What is required - Could you give the whole listing again, exactly as it reads?
######
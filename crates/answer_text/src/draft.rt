//! What was read of an answer, and one line more.
//!
//! The lines of a round are read as those of documents are, and those of a core as a `CoreDraft` takes them.
ghost use Rattle.std.specs.Prelude.{◌≡◌, ◌≤◌, IfOk};
ghost use Rattle.lk_model.specs.Limits.{max_vars, max_clauses};
ghost use Rattle.line_text.specs.Fields.{fields};
ghost use Rattle.line_text.specs.Taking.{IsTaken};
ghost use Rattle.answer_text.specs.Drafts.{next_state, next_core, next_model, next_round, next_draft, refuted_by};
ghost use Rattle.answer_text.specs.Drafts.{finished, IsRead};

use crate::core_draft::{CoreDraft, core_of, fresh_core, last_round};
use crate::core_steps::take_core;
use line_text::{first_field, literals_in};
use lk_model::{Answer, List, Lit, OutOfMemory};
use round_text::{RoundsPart, fresh_rounds, take_rounds};
use std::alloc::Global;

/// The lines of an answer, as far as they were read.
#[derive(Drop)]
pub(crate) enum Draft {
    /// No line.
    Nothing,
    /// The line that there is a model.
    Satisfiable,
    /// That line, and the line of its literals.
    Model(List<Lit>),
    /// The line that there is no model.
    Unsatisfiable,
    /// That line, the line of a round, and some of its steps or all.
    Refuting(RoundsPart),
    /// The first line of a core, and some of the others or all.
    Core(CoreDraft),
}

/// Takes the next line of an answer for n variables and m clauses. Returns whether the line was taken; the
/// draft is not used again otherwise. Fails only if memory runs out.
pub(crate) fn take_line(
    alloc: Global,
    draft: &mut Draft,
    line: &[u8],
    n: u32,
    m: u32,
) -> Result<bool, OutOfMemory>
    requires { IsRead n m draft.old }
    ensures { IfOk result (λ taken. IsTaken (next_draft n m draft.old (fields line.now)) taken draft.new) }
{
    match draft {
        Draft::Nothing => {
            let state = state_in(alloc, line, n, m)?;
            Ok(lead_on(draft, state))
        }
        Draft::Satisfiable => {
            let model = model_in(alloc, line, n)?;
            Ok(lead_on(draft, model))
        }
        Draft::Model(_) => Ok(false),
        Draft::Unsatisfiable => Ok(lead_on(draft, round_in(alloc, line))),
        Draft::Refuting(part) => take_rounds(alloc, part, line, n, m, false),
        Draft::Core(core) => take_core(alloc, core, line),
    }
}

/// Puts the draft that a line leads to in its place, where it leads to one.
fn lead_on(draft: &mut Draft, next: Option<Draft>) -> bool
    ensures { IsTaken next result draft.new }
{
    match next {
        Some(next) => {
            *draft = next;
            true
        }
        None => false,
    }
}

/// What a first line leads to. Over no clauses there is no refutation, and no core.
fn state_in(alloc: Global, line: &[u8], n: u32, m: u32) -> Result<Option<Draft>, OutOfMemory>
    requires vars { n ≤ max_vars }
    requires clauses { m ≤ max_clauses }
    ensures { IfOk result (λ state. state ≡ next_state n m (fields line.now)) }
{
    if line == b"s SATISFIABLE".as_slice() {
        return Ok(Some(Draft::Satisfiable));
    }
    if m == 0 {
        return Ok(None);
    }
    if line == b"s UNSATISFIABLE".as_slice() {
        return Ok(Some(Draft::Unsatisfiable));
    }
    core_in(alloc, line, n, m)
}

/// The core that a line begins.
fn core_in(alloc: Global, line: &[u8], n: u32, m: u32) -> Result<Option<Draft>, OutOfMemory>
    requires vars { n ≤ max_vars }
    requires clauses { m ≤ max_clauses }
    ensures { IfOk result (λ core. core ≡ next_core n m (fields line.now)) }
{
    let mut core = fresh_core(alloc, n, m)?;
    if take_core(alloc, &mut core, line)? {
        Ok(Some(Draft::Core(core)))
    } else {
        Ok(None)
    }
}

/// The model of a line of values: a literal on each variable from 1 to n, ascending.
fn model_in(alloc: Global, line: &[u8], n: u32) -> Result<Option<Draft>, OutOfMemory>
    requires { n ≤ max_vars }
    ensures { IfOk result (λ model. model ≡ next_model n (fields line.now)) }
{
    let (first, Some(rest)) = first_field(line) else {
        return Ok(None);
    };
    if first != b"v".as_slice() {
        return Ok(None);
    }
    let Some(lits) = literals_in(alloc, rest, n, true)? else {
        return Ok(None);
    };
    if lits.len() != n as usize {
        return Ok(None);
    }
    Ok(Some(Draft::Model(lits)))
}

/// The round that a line begins.
fn round_in(alloc: Global, line: &[u8]) -> Option<Draft>
    ensures { result ≡ next_round (fields line.now) }
{
    if line != b"c round".as_slice() {
        return None;
    }
    let mut part = fresh_rounds(alloc);
    part.is_open = true;
    Some(Draft::Refuting(part))
}

/// The answer of a draft, if all its lines were read.
pub(crate) fn finish(draft: Draft) -> Option<Answer>
    ensures { result ≡ finished draft }
{
    match draft {
        Draft::Model(lits) => Some(Answer::Model(lits)),
        Draft::Refuting(part) => refuted(part),
        Draft::Core(core) => Some(Answer::Core(core_of(core)?)),
        _ => None,
    }
}

/// The refutation whose round has ended, if one has.
fn refuted(part: RoundsPart) -> Option<Answer>
    ensures { result ≡ refuted_by part }
{
    match last_round(part.rounds) {
        Some(round) => Some(Answer::Refuted(round)),
        None => None,
    }
}
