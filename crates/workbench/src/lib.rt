//! The commands over whole inputs: what is asked for, reading, work, writing, and how a run ends.
#![tactic(auto)]

mod command;
mod laws;
mod output;
mod program;

pub use laws::{
    headline_law, kept_clauses_law, written_answer_law, written_core_law, written_document_law,
};
pub use program::run;
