//! The texts of answers to the question whether a formula has a model, both ways.
#![tactic(auto)]

mod core_draft;
mod core_printing;
mod core_steps;
mod draft;
mod laws;
mod printing;
mod reading;

pub use laws::answer_text_law;
pub use printing::print_answer;
pub use reading::{AnswerReader, answer_reader, read_answer};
######
Expected answer -
filename crates/answer_text/src/draft.rt
//! What was read of an answer, and one line more.
//!
//! The lines of a round are read as those of documents are, and those of a core as a `CoreDraft` takes them.
ghost use Rattle.std.specs.Prelude.{◌≡◌, ◌≤◌, IfOk};
ghost use Rattle.lk_model.specs.Limits.{max_vars, max_clauses};
ghost use Rattle.line_text.specs.Fields.{fields};
ghost use Rattle.line_text.specs.Taking.{IsTaken};
ghost use Rattle.answer_text.specs.Drafts.{next_state, next_core, next_model, next_round, next_draft, refuted_by};
ghost use Rattle.answer_text.specs.Drafts.{finished, IsRead};

use crate::core_draft::{CoreDraft, core_of, fresh_core, last_round};
use crate::core_steps::take_core;
use line_text::{first_field, literals_in};
use lk_model::{Answer, List, Lit, OutOfMemory};
use round_text::{RoundsPart, fresh_rounds, take_rounds};
use std::alloc::Global;

/// The lines of an answer, as far as they were read.
#[derive(Drop)]
pub(crate) enum Draft {
    /// No line.
    Nothing,
    /// The line that there is a model.
    Satisfiable,
    /// That line, and the line of its literals.
    Model(List<Lit>),
    /// The line that there is no model.
    Unsatisfiable,
    /// That line, the line of a round, and some of its steps or all.
    Refuting(RoundsPart),
    /// The first line of a core, and some of the others or all.
    Core(CoreDraft),
}

/// Takes the next line of an answer for n variables and m clauses. Returns whether the line was taken; the
/// draft is not used again otherwise. Fails only if memory runs out.
pub(crate) fn take_line(
    alloc: Global,
    draft: &mut Draft,
    line: &[u8],
    n: u32,
    m: u32,
) -> Result<bool, OutOfMemory>
    requires { IsRead n m draft.old }
    ensures { IfOk result (λ taken. IsTaken (next_draft n m draft.old (fields line.now)) taken draft.new) }
{
    match draft {
        Draft::Nothing => {
            let state = state_in(alloc, line, n, m)?;
            Ok(lead_on(draft, state))
        }
        Draft::Satisfiable => {
            let model = model_in(alloc, line, n)?;
            Ok(lead_on(draft, model))
        }
        Draft::Model(_) => Ok(false),
        Draft::Unsatisfiable => Ok(lead_on(draft, round_in(alloc, line))),
        Draft::Refuting(part) => take_rounds(alloc, part, line, n, m, false),
        Draft::Core(core) => take_core(alloc, core, line),
    }
}

/// Puts the draft that a line leads to in its place, where it leads to one.
fn lead_on(draft: &mut Draft, next: Option<Draft>) -> bool
    ensures { IsTaken next result draft.new }
{
    match next {
        Some(next) => {
            *draft = next;
            true
        }
        None => false,
    }
}

/// What a first line leads to. Over no clauses there is no refutation, and no core.
fn state_in(alloc: Global, line: &[u8], n: u32, m: u32) -> Result<Option<Draft>, OutOfMemory>
    requires vars { n ≤ max_vars }
    requires clauses { m ≤ max_clauses }
    ensures { IfOk result (λ state. state ≡ next_state n m (fields line.now)) }
{
    if line == b"s SATISFIABLE".as_slice() {
        return Ok(Some(Draft::Satisfiable));
    }
    if m == 0 {
        return Ok(None);
    }
    if line == b"s UNSATISFIABLE".as_slice() {
        return Ok(Some(Draft::Unsatisfiable));
    }
    core_in(alloc, line, n, m)
}

/// The core that a line begins.
fn core_in(alloc: Global, line: &[u8], n: u32, m: u32) -> Result<Option<Draft>, OutOfMemory>
    requires vars { n ≤ max_vars }
    requires clauses { m ≤ max_clauses }
    ensures { IfOk result (λ core. core ≡ next_core n m (fields line.now)) }
{
    let mut core = fresh_core(alloc, n, m)?;
    if take_core(alloc, &mut core, line)? {
        Ok(Some(Draft::Core(core)))
    } else {
        Ok(None)
    }
}

/// The model of a line of values: a literal on each variable from 1 to n, ascending.
fn model_in(alloc: Global, line: &[u8], n: u32) -> Result<Option<Draft>, OutOfMemory>
    requires { n ≤ max_vars }
    ensures { IfOk result (λ model. model ≡ next_model n (fields line.now)) }
{
    let (first, Some(rest)) = first_field(line) else {
        return Ok(None);
    };
    if first != b"v".as_slice() {
        return Ok(None);
    }
    let Some(lits) = literals_in(alloc, rest, n, true)? else {
        return Ok(None);
    };
    if lits.len() != n as usize {
        return Ok(None);
    }
    Ok(Some(Draft::Model(lits)))
}

/// The round that a line begins.
fn round_in(alloc: Global, line: &[u8]) -> Option<Draft>
    ensures { result ≡ next_round (fields line.now) }
{
    if line != b"c round".as_slice() {
        return None;
    }
    let mut part = fresh_rounds(alloc);
    part.is_open = true;
    Some(Draft::Refuting(part))
}

/// The answer of a draft, if all its lines were read.
pub(crate) fn finish(draft: Draft) -> Option<Answer>
    ensures { result ≡ finished draft }
{
    match draft {
        Draft::Model(lits) => Some(Answer::Model(lits)),
        Draft::Refuting(part) => refuted(part),
        Draft::Core(core) => Some(Answer::Core(core_of(core)?)),
        _ => None,
    }
}

/// The refutation whose round has ended, if one has.
fn refuted(part: RoundsPart) -> Option<Answer>
    ensures { result ≡ refuted_by part }
{
    match last_round(part.rounds) {
        Some(round) => Some(Answer::Refuted(round)),
        None => None,
    }
}
filename crates/workbench/src/lib.rt
//! The commands over whole inputs: what is asked for, reading, work, writing, and how a run ends.
#![tactic(auto)]

mod command;
mod laws;
mod output;
mod program;

pub use laws::{
    headline_law, kept_clauses_law, written_answer_law, written_core_law, written_document_law,
};
pub use program::run;
//! The texts of answers to the question whether a formula has a model, both ways.
#![tactic(auto)]

mod core_draft;
mod core_printing;
mod core_steps;
mod draft;
mod laws;
mod printing;
mod reading;

pub use laws::answer_text_law;
pub use printing::print_answer;
pub use reading::{AnswerReader, answer_reader, read_answer};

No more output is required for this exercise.